### What to do
The word "items" turns up on some lines of this data; say how many, and give no other text.

Collected data entries:
*** Begin section ***

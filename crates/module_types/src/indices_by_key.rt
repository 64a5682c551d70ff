//! Indices that are recorded under keys.

ghost use Rattle.std.specs.Prelude.{◌≡◌, ◌<◌, [], OnOk};
ghost use Rattle.std.specs.Option.{option_map};
ghost use Rattle.wasm_index.specs.Index.{number_of};
ghost use Rattle.module_types.specs.Builder.{noted};
ghost use Rattle.module_types.specs.IndicesByKey.{noted_at};

use entity_map::{EntityRef, OutOfMemory};
use std::alloc::Global;
use std::marker::{Model, PhantomData};
use wasm_index::Index;

/// The index that was recorded under each key, if any. Its memory grows with the greatest such key,
/// so the keys must be indices of a list that is in memory. (A secondary map is for keys below
/// `u32::MAX`; here each number may be a key.)
#[derive(Drop)]
pub(crate) struct IndicesByKey<Space> {
    // Indices as numbers, and `u32::MAX` where none was recorded.
    items: Vec<u32>,
    space: PhantomData<Space>,
}

/// A contract sees the list of the indices as numbers, each at its key.
impl<Space> Model for IndicesByKey<Space> {
    ghost use Rattle.std.specs.Prelude.{ℕ, List, Option};
    ghost use Rattle.module_types.specs.IndicesByKey.{notes_of};

    ghost Value = { List (Option ℕ) };

    ghost view = { λ m. notes_of m.items.items };
}

impl<Space> IndicesByKey<Space> {
    /// Nothing is recorded yet. It needs no memory.
    pub(crate) fn new(alloc: Global) -> Self
        ensures { result ≡ [] }
    {
        IndicesByKey {
            items: Vec::new(alloc),
            space: PhantomData,
        }
    }

    /// The index that was recorded under a key.
    pub(crate) fn get(&self, number: u32) -> Option<Index<Space>>
        ensures { option_map number_of result ≡ noted_at self.now number }
    {
        let noted = *self.items.get(number as usize)?;
        if noted == u32::MAX {
            None
        } else {
            Some(Index::from_u32(noted))
        }
    }

    /// Records an index under a key.
    pub(crate) fn note(&mut self, number: u32, index: Index<Space>) -> Result<(), OutOfMemory>
        requires { number_of index < u32.MAX }
        ensures { OnOk result (noted_at self.new ≡ noted (noted_at self.old) number (number_of index)) }
    {
        let noted = index.as_u32();
        let place = number as usize;
        if place < self.items.len() {
            self.items[place] = noted;
            return Ok(());
        }
        self.items.resize(place + 1, u32::MAX)?;
        self.items[place] = noted;
        Ok(())
    }
}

*** End section ***

### Answer section
8